● TRY IT: Line by line, retype the whole listing exactly.

##############################

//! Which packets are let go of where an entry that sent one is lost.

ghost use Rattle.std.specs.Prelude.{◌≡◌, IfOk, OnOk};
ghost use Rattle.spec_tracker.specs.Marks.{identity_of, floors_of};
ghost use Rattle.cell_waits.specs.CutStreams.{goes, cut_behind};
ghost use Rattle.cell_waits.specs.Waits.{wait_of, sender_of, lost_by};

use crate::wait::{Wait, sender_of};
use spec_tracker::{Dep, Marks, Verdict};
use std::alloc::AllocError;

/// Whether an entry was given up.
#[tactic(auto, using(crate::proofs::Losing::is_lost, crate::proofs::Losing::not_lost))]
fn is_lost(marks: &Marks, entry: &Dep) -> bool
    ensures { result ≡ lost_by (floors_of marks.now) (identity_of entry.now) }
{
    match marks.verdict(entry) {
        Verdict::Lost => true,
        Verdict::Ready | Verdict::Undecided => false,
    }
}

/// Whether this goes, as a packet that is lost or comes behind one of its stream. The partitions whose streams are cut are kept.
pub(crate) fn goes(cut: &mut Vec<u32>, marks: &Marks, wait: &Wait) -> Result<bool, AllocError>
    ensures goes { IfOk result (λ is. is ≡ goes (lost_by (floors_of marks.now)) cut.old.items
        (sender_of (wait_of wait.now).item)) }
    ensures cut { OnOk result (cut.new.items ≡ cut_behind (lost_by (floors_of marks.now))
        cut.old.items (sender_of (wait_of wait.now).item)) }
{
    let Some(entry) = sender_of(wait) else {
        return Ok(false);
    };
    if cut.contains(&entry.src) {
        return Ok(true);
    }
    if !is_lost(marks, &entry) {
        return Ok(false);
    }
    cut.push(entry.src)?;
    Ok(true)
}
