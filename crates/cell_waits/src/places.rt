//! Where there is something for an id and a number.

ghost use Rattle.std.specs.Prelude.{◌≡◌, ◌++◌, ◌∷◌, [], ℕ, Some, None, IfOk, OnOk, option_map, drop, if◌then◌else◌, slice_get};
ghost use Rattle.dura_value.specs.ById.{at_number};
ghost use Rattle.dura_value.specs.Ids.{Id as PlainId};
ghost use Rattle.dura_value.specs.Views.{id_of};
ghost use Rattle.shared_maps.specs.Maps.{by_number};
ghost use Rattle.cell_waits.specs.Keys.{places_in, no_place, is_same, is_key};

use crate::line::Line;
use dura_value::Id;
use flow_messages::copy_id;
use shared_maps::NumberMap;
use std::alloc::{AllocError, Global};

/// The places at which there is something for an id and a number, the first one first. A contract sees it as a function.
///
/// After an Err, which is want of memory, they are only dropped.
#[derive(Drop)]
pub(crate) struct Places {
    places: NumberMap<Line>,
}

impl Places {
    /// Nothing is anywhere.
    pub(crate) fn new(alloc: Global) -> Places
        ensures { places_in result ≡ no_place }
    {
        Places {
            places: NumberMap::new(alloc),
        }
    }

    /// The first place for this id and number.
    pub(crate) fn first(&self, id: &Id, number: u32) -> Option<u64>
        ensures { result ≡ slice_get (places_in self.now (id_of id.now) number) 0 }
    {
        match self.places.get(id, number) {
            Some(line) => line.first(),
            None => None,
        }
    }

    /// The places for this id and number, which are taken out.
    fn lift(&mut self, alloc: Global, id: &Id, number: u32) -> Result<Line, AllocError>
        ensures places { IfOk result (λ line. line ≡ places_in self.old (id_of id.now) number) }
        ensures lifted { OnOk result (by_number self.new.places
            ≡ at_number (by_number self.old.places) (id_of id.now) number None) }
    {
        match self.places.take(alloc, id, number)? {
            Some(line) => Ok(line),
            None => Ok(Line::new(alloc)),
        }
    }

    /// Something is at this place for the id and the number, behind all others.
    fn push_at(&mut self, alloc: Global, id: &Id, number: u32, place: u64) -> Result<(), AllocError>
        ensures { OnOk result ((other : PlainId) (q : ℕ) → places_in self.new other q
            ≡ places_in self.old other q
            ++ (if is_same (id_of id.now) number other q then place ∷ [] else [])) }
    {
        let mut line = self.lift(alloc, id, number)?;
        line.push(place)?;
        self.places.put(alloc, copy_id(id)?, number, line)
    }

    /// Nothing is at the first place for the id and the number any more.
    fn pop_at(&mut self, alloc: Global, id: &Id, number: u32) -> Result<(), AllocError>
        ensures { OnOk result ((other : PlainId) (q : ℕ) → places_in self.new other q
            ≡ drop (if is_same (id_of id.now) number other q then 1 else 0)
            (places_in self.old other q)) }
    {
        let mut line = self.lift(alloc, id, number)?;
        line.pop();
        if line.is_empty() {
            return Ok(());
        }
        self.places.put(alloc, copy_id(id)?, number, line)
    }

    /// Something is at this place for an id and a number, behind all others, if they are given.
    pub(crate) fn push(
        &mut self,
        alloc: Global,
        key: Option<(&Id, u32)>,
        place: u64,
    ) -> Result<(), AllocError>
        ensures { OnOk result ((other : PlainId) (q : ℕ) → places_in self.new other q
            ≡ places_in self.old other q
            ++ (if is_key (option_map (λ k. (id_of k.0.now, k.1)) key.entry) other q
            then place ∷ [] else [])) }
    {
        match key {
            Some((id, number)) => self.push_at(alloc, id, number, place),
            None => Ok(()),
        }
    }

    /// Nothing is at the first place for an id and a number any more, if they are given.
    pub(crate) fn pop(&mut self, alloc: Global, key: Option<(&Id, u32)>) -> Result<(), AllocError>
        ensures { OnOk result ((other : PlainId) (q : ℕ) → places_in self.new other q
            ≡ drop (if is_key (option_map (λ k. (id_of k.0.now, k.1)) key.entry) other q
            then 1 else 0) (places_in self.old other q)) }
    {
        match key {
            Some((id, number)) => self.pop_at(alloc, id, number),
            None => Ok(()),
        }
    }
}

##############################

● YOUR SOLUTION:
//! Which packets are let go of where an entry that sent one is lost.

ghost use Rattle.std.specs.Prelude.{◌≡◌, IfOk, OnOk};
ghost use Rattle.spec_tracker.specs.Marks.{identity_of, floors_of};
ghost use Rattle.cell_waits.specs.CutStreams.{goes, cut_behind};
ghost use Rattle.cell_waits.specs.Waits.{wait_of, sender_of, lost_by};

use crate::wait::{Wait, sender_of};
use spec_tracker::{Dep, Marks, Verdict};
use std::alloc::AllocError;

/// Whether an entry was given up.
#[tactic(auto, using(crate::proofs::Losing::is_lost, crate::proofs::Losing::not_lost))]
fn is_lost(marks: &Marks, entry: &Dep) -> bool
    ensures { result ≡ lost_by (floors_of marks.now) (identity_of entry.now) }
{
    match marks.verdict(entry) {
        Verdict::Lost => true,
        Verdict::Ready | Verdict::Undecided => false,
    }
}

/// Whether this goes, as a packet that is lost or comes behind one of its stream. The partitions whose streams are cut are kept.
pub(crate) fn goes(cut: &mut Vec<u32>, marks: &Marks, wait: &Wait) -> Result<bool, AllocError>
    ensures goes { IfOk result (λ is. is ≡ goes (lost_by (floors_of marks.now)) cut.old.items
        (sender_of (wait_of wait.now).item)) }
    ensures cut { OnOk result (cut.new.items ≡ cut_behind (lost_by (floors_of marks.now))
        cut.old.items (sender_of (wait_of wait.now).item)) }
{
    let Some(entry) = sender_of(wait) else {
        return Ok(false);
    };
    if cut.contains(&entry.src) {
        return Ok(true);
    }
    if !is_lost(marks, &entry) {
        return Ok(false);
    }
    cut.push(entry.src)?;
    Ok(true)
}
filename crates/cell_waits/src/places.rt
//! Where there is something for an id and a number.

ghost use Rattle.std.specs.Prelude.{◌≡◌, ◌++◌, ◌∷◌, [], ℕ, Some, None, IfOk, OnOk, option_map, drop, if◌then◌else◌, slice_get};
ghost use Rattle.dura_value.specs.ById.{at_number};
ghost use Rattle.dura_value.specs.Ids.{Id as PlainId};
ghost use Rattle.dura_value.specs.Views.{id_of};
ghost use Rattle.shared_maps.specs.Maps.{by_number};
ghost use Rattle.cell_waits.specs.Keys.{places_in, no_place, is_same, is_key};

use crate::line::Line;
use dura_value::Id;
use flow_messages::copy_id;
use shared_maps::NumberMap;
use std::alloc::{AllocError, Global};

/// The places at which there is something for an id and a number, the first one first. A contract sees it as a function.
///
/// After an Err, which is want of memory, they are only dropped.
#[derive(Drop)]
pub(crate) struct Places {
    places: NumberMap<Line>,
}

impl Places {
    /// Nothing is anywhere.
    pub(crate) fn new(alloc: Global) -> Places
        ensures { places_in result ≡ no_place }
    {
        Places {
            places: NumberMap::new(alloc),
        }
    }

    /// The first place for this id and number.
    pub(crate) fn first(&self, id: &Id, number: u32) -> Option<u64>
        ensures { result ≡ slice_get (places_in self.now (id_of id.now) number) 0 }
    {
        match self.places.get(id, number) {
            Some(line) => line.first(),
            None => None,
        }
    }

    /// The places for this id and number, which are taken out.
    fn lift(&mut self, alloc: Global, id: &Id, number: u32) -> Result<Line, AllocError>
        ensures places { IfOk result (λ line. line ≡ places_in self.old (id_of id.now) number) }
        ensures lifted { OnOk result (by_number self.new.places
            ≡ at_number (by_number self.old.places) (id_of id.now) number None) }
    {
        match self.places.take(alloc, id, number)? {
            Some(line) => Ok(line),
            None => Ok(Line::new(alloc)),
        }
    }

    /// Something is at this place for the id and the number, behind all others.
    fn push_at(&mut self, alloc: Global, id: &Id, number: u32, place: u64) -> Result<(), AllocError>
        ensures { OnOk result ((other : PlainId) (q : ℕ) → places_in self.new other q
            ≡ places_in self.old other q
            ++ (if is_same (id_of id.now) number other q then place ∷ [] else [])) }
    {
        let mut line = self.lift(alloc, id, number)?;
        line.push(place)?;
        self.places.put(alloc, copy_id(id)?, number, line)
    }

    /// Nothing is at the first place for the id and the number any more.
    fn pop_at(&mut self, alloc: Global, id: &Id, number: u32) -> Result<(), AllocError>
        ensures { OnOk result ((other : PlainId) (q : ℕ) → places_in self.new other q
            ≡ drop (if is_same (id_of id.now) number other q then 1 else 0)
            (places_in self.old other q)) }
    {
        let mut line = self.lift(alloc, id, number)?;
        line.pop();
        if line.is_empty() {
            return Ok(());
        }
        self.places.put(alloc, copy_id(id)?, number, line)
    }

    /// Something is at this place for an id and a number, behind all others, if they are given.
    pub(crate) fn push(
        &mut self,
        alloc: Global,
        key: Option<(&Id, u32)>,
        place: u64,
    ) -> Result<(), AllocError>
        ensures { OnOk result ((other : PlainId) (q : ℕ) → places_in self.new other q
            ≡ places_in self.old other q
            ++ (if is_key (option_map (λ k. (id_of k.0.now, k.1)) key.entry) other q
            then place ∷ [] else [])) }
    {
        match key {
            Some((id, number)) => self.push_at(alloc, id, number, place),
            None => Ok(()),
        }
    }

    /// Nothing is at the first place for an id and a number any more, if they are given.
    pub(crate) fn pop(&mut self, alloc: Global, key: Option<(&Id, u32)>) -> Result<(), AllocError>
        ensures { OnOk result ((other : PlainId) (q : ℕ) → places_in self.new other q
            ≡ drop (if is_key (option_map (λ k. (id_of k.0.now, k.1)) key.entry) other q
            then 1 else 0) (places_in self.old other q)) }
    {
        match key {
            Some((id, number)) => self.pop_at(alloc, id, number),
            None => Ok(()),
        }
    }
}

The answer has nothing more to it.